(1875) Premiers lundis. Tome III « L’Ouvrier littéraire : Extrait des Papiers et Correspondance de la famille impériale »
/ 1899
(1875) Premiers lundis. Tome III « L’Ouvrier littéraire : Extrait des Papiers et Correspondance de la famille impériale »

L’Ouvrier littéraire : Extrait des Papiers et Correspondance de la famille impériale8

Note de M. Sainte-Beuve au sujet des encouragements à donner aux gens de lettres.

Cette pièce, écrite de la main de M. Sainte-Beuve, était accompagnée de la lettre suivante, adressée probablement à M. Mocquard.

Monsieur,

« Voici une note qui est bien informe ; elle exprime du moins des vœux sincères et dans lesquels domine avant tout l’appréciation de tout ce qui se fait de grand là où vous êtes et dont nous sommes témoins9.

« Veuillez, Monsieur, agréer l’expression de mes sentiments respectueux,

« Sainte-Beuve. »

Une note du Cabinet résumait ainsi le mémoire de l’auteur des Causeries :

5 avril 1856.

M. Sainte-Beuve. — Nécessité d’exercer une influence sur les hommes de lettres, autres que ceux appartenant à l’Université et aux Académies.

Trois moyens :

1° Soulager les infortunes des écrivains pauvres, au nom de l’empereur, en ménageant l’amour-propre ;

2° Fondation annuelle pour prix à des sujets désignés par une Commission ;

3° Logement au Louvre pour la représentation nouvelle de la littérature, et rapports directs de cette Société avec l’empereur ou son ministre d’État, en dehors de l’Instruction publique.

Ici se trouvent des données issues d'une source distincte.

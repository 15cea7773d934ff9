//! The variables of facts.
ghost use Rattle.std.specs.Prelude.{◌≡◌, ◌↔◌, ◌<◌, ◌≤◌, ◌+◌, ◌-◌, ◌*◌, ◌^◌, length, IfOk, IfNone, IfSome, IsTrue, Contains};
ghost use Rattle.std.specs.List.{position_or_len};
ghost use Rattle.bt_parts.specs.Cells.{IsInside};
ghost use Rattle.bt_model.specs.Requests.{IsRequest};
ghost use Rattle.bt_demands.specs.Classes as classing;
ghost use Rattle.bt_place.specs.Numbering as numbering;
ghost use Rattle.bt_place.specs.Blocks.{starts_of};
ghost use Rattle.bt_place.specs.PlaceFormula.{sizes_of};
ghost use Rattle.bt_place.specs.Within.{IsSpot, IsNumbered};
ghost use Rattle.bt_place.specs.inner.Blocks.{sizes_with, AreNumbers, place_number};

use crate::blocks::{Extent, Starts, starts_of};
use crate::order::ranks_of;
use bt_demands::{Plan, lining, same_class, stopping};
use bt_facts::{Class, Content, Fact, Half, Line, Shape};
use bt_model::Request;
use bt_parts::{Cell, Dir};
use std::alloc::{AllocError, Global};
use std::marker::Model;

/// The numbers of the variables of a request.
#[derive(Drop)]
pub struct Numbers {
    extent: Extent,
    classes: Vec<Class>,
    /// For each splitter its rank in the order in which the search places them.
    ranks: Vec<usize>,
    starts: Starts,
}

impl Model for Numbers {
    ghost use Rattle.bt_place.specs.Numbering.{Sizes};
    ghost use Rattle.bt_place.specs.inner.Blocks.{sizes_with, AreNumbers};

    ghost Value = { Sizes };

    ghost view = { λ n. sizes_with n.extent n.classes.items n.ranks.items };

    ghost invariant = { λ n. AreNumbers (sizes_with n.extent n.classes.items n.ranks.items) n.starts };
}

/// The number of a direction, from 0.
fn dir_number(dir: Dir) -> usize
    ensures value { result ≡ numbering.dir_number dir }
    ensures few { result < 4 }
{
    match dir {
        Dir::North => 0,
        Dir::East => 1,
        Dir::South => 2,
        Dir::West => 3,
    }
}

/// The number of a half, from 0.
fn half_number(half: Half) -> usize
    ensures value { result ≡ numbering.half_number half }
    ensures few { result < 2 }
{
    match half {
        Half::Lesser => 0,
        Half::Greater => 1,
    }
}

/// The number of a shape, from 0.
fn shape_number(shape: Shape) -> usize
    ensures value { result ≡ numbering.shape_number shape }
    ensures few { result < 5 }
{
    match shape {
        Shape::Belt => 0,
        Shape::Entrance => 1,
        Shape::Exit => 2,
        Shape::Half(half) => 3 + half_number(half),
    }
}

/// The number of a row in which ends may stand, from 0.
fn line_number(line: Line) -> usize
    ensures value { result ≡ numbering.line_number line }
    ensures few { result < 4 }
{
    match line {
        Line::InputsEast => 0,
        Line::InputsSouth => 1,
        Line::OutputsEast => 2,
        Line::OutputsSouth => 3,
    }
}

/// The number of what a cell may hold, from 0.
fn content_number(content: Content) -> usize
    ensures value { result ≡ numbering.content_number content }
    ensures few { result < 21 }
{
    match content {
        Content::Empty => 0,
        Content::Turned(shape, dir) => 1 + (shape_number(shape) * 4 + dir_number(dir)),
    }
}

/// The variable at a place of a row, both from 0, in a block that begins at `from` and has `each` variables a row.
fn numbered(from: usize, row: usize, each: usize, place: usize) -> usize
    requires { from + (row * each + place) < 2 ^ 64 }
    ensures { result ≡ from + (row * each + place) }
{
    from + (row * each + place)
}

/// The place of a class among classes, or how many these are where it isn't one of them.
/// Only classes that occur have numbers: two for each splitter and one for each input would leave variables that no
/// clause has, which a search goes through at each choice.
fn place_among(classes: &[Class], class: Class) -> usize
    ensures { result ≡ position_or_len (classing.same_class class) classes.now }
{
    let mut place = 0;
    let mut rest = classes;
    while let Some((other, others)) = rest.split_first() {
        if same_class(class, *other) {
            return place;
        }
        place += 1;
        rest = others;
    }
    place
}

/// Whether a class is one of classes.
fn is_among(classes: &[Class], class: Class) -> bool
    ensures { IsTrue result ↔ Contains classes.now class }
{
    place_among(classes, class) < classes.len()
}

/// Whether the cell is one of a rectangle of this width and height.
fn is_inside(width: usize, height: usize, cell: Cell) -> bool
    ensures { IsTrue result ↔ IsInside (record { width = width; height = height }) cell }
{
    cell.x >= 0
        && cell.y >= 0
        && (cell.x.unsigned_abs() as usize) < width
        && (cell.y.unsigned_abs() as usize) < height
}

/// How much of each kind a request has, but for classes.
fn extent_of(request: &Request) -> Extent
    ensures { (classes : _) (ranks : _) → sizes_with result classes ranks
        ≡ record (sizes_of request.now) { classes = classes; ranks = ranks } }
{
    let net = request.net();
    let rect = request.rect();
    Extent {
        width: rect.width as usize,
        height: rect.height as usize,
        splitters: net.splitters() as usize,
        halves: net.splitters() as usize * 2,
        inputs: net.inputs() as usize,
        stops: stopping(request),
        lines: lining(request),
        distances: request.tier().reach() as usize + 1,
    }
}

/// The classes of a request.
fn classes_of(alloc: Global, request: &Request) -> Result<Vec<Class>, AllocError>
    ensures { IfOk result (λ classes. classes.items ≡ classing.classes_of request.now) }
{
    let plan = Plan::new(alloc, request)?;
    Ok(plan.classes)
}

impl Numbers {
    /// The numbers of the variables of a request.
    pub fn new(alloc: Global, request: &Request) -> Result<Numbers, AllocError>
        ensures sizes { IfOk result (λ numbers. numbers ≡ sizes_of request.now) }
        ensures known { IsRequest request.now }
    {
        let net = request.net();
        let extent = extent_of(request);
        let classes = classes_of(alloc, request)?;
        let ranks = ranks_of(alloc, net)?;
        let starts = starts_of(extent, &classes);
        Ok(Numbers {
            extent,
            classes,
            ranks,
            starts,
        })
    }

    /// The number of variables.
    pub fn variables(&self) -> usize
        ensures { result ≡ numbering.variables self.now }
    {
        self.starts.end
    }

    /// Where each block of variables begins.
    pub fn starts(&self) -> Starts
        ensures { result ≡ starts_of self.now }
    {
        self.starts
    }

    /// The number of a cell, row by row.
    fn spot(&self, cell: Cell) -> usize
        requires { IsSpot self.now cell }
        ensures { result ≡ numbering.spot_of self.now cell }
    {
        let x = cell.x.unsigned_abs() as usize;
        let y = cell.y.unsigned_abs() as usize;
        numbered(0, y, self.extent.width, x)
    }

    /// The number of a cell along the longer side of the rectangle.
    /// A search that takes the highest variable, as true, so goes along the longer side, and keeps cells empty from
    /// the corner on from which it places splitters, where nothing asks for a part.
    fn along(&self, cell: Cell) -> usize
        requires { IsSpot self.now cell }
        ensures { result ≡ numbering.along self.now cell }
    {
        if self.extent.height < self.extent.width {
            self.spot(cell)
        } else {
            let x = cell.x.unsigned_abs() as usize;
            let y = cell.y.unsigned_abs() as usize;
            numbered(0, x, self.extent.height, y)
        }
    }

    /// The number of a cell along the longer side, from the last cell on.
    fn from_last(&self, cell: Cell) -> usize
        requires { IsSpot self.now cell }
        ensures { result ≡ numbering.spots self.now - 1 - numbering.along self.now cell }
    {
        self.extent.width * self.extent.height - 1 - self.along(cell)
    }

    /// The number of a splitter's place on a cell. That of the first splitter on the first cell comes last.
    fn place(&self, splitter: usize, cell: Cell) -> usize
        requires splitter { splitter < self.now.splitters }
        requires cell { IsSpot self.now cell }
        ensures { result ≡ place_number self.now splitter cell }
    {
        let spots = self.extent.width * self.extent.height;
        let behind = self.extent.splitters - 1 - self.ranks[splitter];
        numbered(0, behind, spots, self.from_last(cell))
    }

    /// The variable of the fact of a cell and of that at a place, from 0, of `each` things, in the block that begins at
    /// `from`.
    fn on_cell(&self, from: usize, cell: Cell, each: usize, place: usize) -> usize
        requires cell { IsSpot self.now cell }
        requires few { from + (numbering.spot_of self.now cell * each + place) < 2 ^ 64 }
        ensures { result ≡ from + (numbering.spot_of self.now cell * each + place) }
    {
        numbered(from, self.spot(cell), each, place)
    }

    /// The variable of the fact of a cell and a direction, in the block that begins at `from`.
    fn turned(&self, from: usize, cell: Cell, dir: Dir) -> usize
        requires cell { IsSpot self.now cell }
        requires few { from + (numbering.spot_of self.now cell * 4 + numbering.dir_number dir) < 2 ^ 64 }
        ensures { result ≡ from + (numbering.spot_of self.now cell * 4 + numbering.dir_number dir) }
    {
        numbered(from, self.spot(cell), 4, dir_number(dir))
    }

    /// The variable of the pair that begins on a cell, of this direction and distance, in the block that begins at
    /// `from`.
    fn pair(&self, from: usize, cell: Cell, dir: Dir, distance: usize) -> usize
        requires cell { IsSpot self.now cell }
        requires some { 1 ≤ distance }
        requires most { distance ≤ self.now.distances }
        requires few { from + ((numbering.spot_of self.now cell * 4 + numbering.dir_number dir)
            * self.now.distances + (distance - 1)) < 2 ^ 64 }
        ensures { result ≡ from + ((numbering.spot_of self.now cell * 4 + numbering.dir_number dir)
            * self.now.distances + (distance - 1)) }
    {
        let row = self.turned(0, cell, dir);
        numbered(from, row, self.extent.distances, distance - 1)
    }

    /// The variable of a fact that has one.
    fn number(&self, fact: Fact) -> usize
        requires within { IsNumbered self.now fact }
        requires few { numbering.variable_of self.now fact < 2 ^ 64 }
        ensures { result ≡ numbering.variable_of self.now fact }
    {
        let extent = self.extent;
        let starts = self.starts;
        match fact {
            Fact::Carries(cell, class) => {
                let place = place_among(&self.classes, class);
                self.on_cell(0, cell, self.classes.len(), place)
            }
            Fact::HalfOn(cell) => self.on_cell(starts.halves, cell, 1, 0),
            Fact::BeltOn(cell) => self.on_cell(starts.belts, cell, 1, 0),
            Fact::Begins(cell) => self.on_cell(starts.begins, cell, 1, 0),
            Fact::Starts(cell, i) => self.on_cell(starts.starts, cell, extent.inputs, i),
            Fact::Stops(cell, o) => self.on_cell(starts.stops, cell, extent.stops, o),
            Fact::Lies(cell, line) => {
                self.on_cell(starts.lies, cell, extent.lines, line_number(line))
            }
            Fact::Pair(cell, dir, k) => self.pair(starts.pairs, cell, dir, k),
            Fact::Tunnel(cell, dir) => self.turned(starts.tunnels, cell, dir),
            Fact::Goes(cell, dir) => self.turned(starts.goings, cell, dir),
            Fact::Column(s, x) => numbered(starts.columns, s, extent.width, x),
            Fact::Row(s, y) => numbered(starts.rows, s, extent.height, y),
            Fact::Points(s, dir) => numbered(starts.points, s, 4, dir_number(dir)),
            Fact::EntersLesser(s) => numbered(starts.entering, s, 1, 0),
            Fact::LeavesLesser(s) => numbered(starts.leaving, s, 1, 0),
            Fact::Held(spare, half) => numbered(starts.held, spare, extent.halves, half),
            Fact::Kind(cell, content) => {
                let row = self.from_last(cell);
                numbered(starts.kinds, row, 21, 20 - content_number(content))
            }
            Fact::At(s, cell, dir) => {
                numbered(starts.places, self.place(s, cell), 4, dir_number(dir))
            }
        }
    }

    /// The variable of a fact.
    pub fn variable(&self, fact: Fact) -> usize
        requires { IsNumbered self.now fact }
        ensures value { result ≡ numbering.variable_of self.now fact }
        ensures below { result < numbering.variables self.now }
    {
        let end = self.starts.end;
        let variable = self.number(fact);
        prove!(variable < end);
        variable
    }

    /// Whether the cell is one of the rectangle.
    fn has_spot(&self, cell: Cell) -> bool
        ensures { IsTrue result ↔ IsSpot self.now cell }
    {
        is_inside(self.extent.width, self.extent.height, cell)
    }

    /// Whether the class is one of the classes.
    fn has_class(&self, class: Class) -> bool
        ensures { IsTrue result ↔ Contains self.now.classes class }
    {
        is_among(&self.classes, class)
    }

    /// Whether there is such a splitter.
    fn has_splitter(&self, splitter: usize) -> bool
        ensures { IsTrue result ↔ (splitter < self.now.splitters) }
    {
        splitter < self.extent.splitters
    }

    /// Whether the rectangle has at least so many cells more than there are halves.
    fn has_spare(&self, spare: usize) -> bool
        ensures { IsTrue result ↔ (spare + self.now.halves ≤ numbering.spots self.now) }
    {
        let spots = self.extent.width * self.extent.height;
        self.extent.halves <= spots && spare <= spots - self.extent.halves
    }

    /// Whether the fact has a variable.
    fn has(&self, fact: Fact) -> bool
        ensures { IsTrue result ↔ IsNumbered self.now fact }
    {
        let extent = self.extent;
        match fact {
            Fact::Carries(cell, class) => self.has_spot(cell) && self.has_class(class),
            Fact::HalfOn(cell) => self.has_spot(cell),
            Fact::BeltOn(cell) => self.has_spot(cell),
            Fact::Begins(cell) => self.has_spot(cell),
            Fact::Starts(cell, i) => self.has_spot(cell) && i < extent.inputs,
            Fact::Stops(cell, o) => self.has_spot(cell) && o < extent.stops,
            Fact::Lies(cell, line) => self.has_spot(cell) && line_number(line) < extent.lines,
            Fact::Pair(cell, _, k) => self.has_spot(cell) && 1 <= k && k <= extent.distances,
            Fact::Tunnel(cell, _) => self.has_spot(cell),
            Fact::Goes(cell, _) => self.has_spot(cell),
            Fact::Column(s, x) => self.has_splitter(s) && x < extent.width,
            Fact::Row(s, y) => self.has_splitter(s) && y < extent.height,
            Fact::Points(s, _) => self.has_splitter(s),
            Fact::EntersLesser(s) => self.has_splitter(s),
            Fact::LeavesLesser(s) => self.has_splitter(s),
            Fact::Held(spare, half) => self.has_spare(spare) && half < extent.halves,
            Fact::Kind(cell, _) => self.has_spot(cell),
            Fact::At(s, cell, _) => self.has_splitter(s) && self.has_spot(cell),
        }
    }

    /// The variable of a fact; none where it speaks of what the request doesn't have.
    pub fn find(&self, fact: Fact) -> Option<usize>
        ensures none { IfNone result (IsNumbered self.now fact → ⊥) }
        ensures some { IfSome result (λ variable. IsNumbered self.now fact
            × (variable ≡ numbering.variable_of self.now fact)) }
    {
        if self.has(fact) {
            Some(self.variable(fact))
        } else {
            None
        }
    }
}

Ces moyens ne sont que superficiellement indiqués. La question est soumise à Sa Majesté avec prière de vouloir bien la faire étudier.

Le gouvernement de l’empereur10 n’est pas de ceux qui craignent d’avoir affaire à la démocratie, sous quelque forme qu’elle se présente, parce que ce gouvernement a la puissance et le secret de l’élever et de l’organiser.

La littérature en France est aussi une démocratie, elle l’est devenue. La très-grande majorité des gens de lettres sont des travailleurs, des ouvriers d’une certaine condition, vivant de leur plume.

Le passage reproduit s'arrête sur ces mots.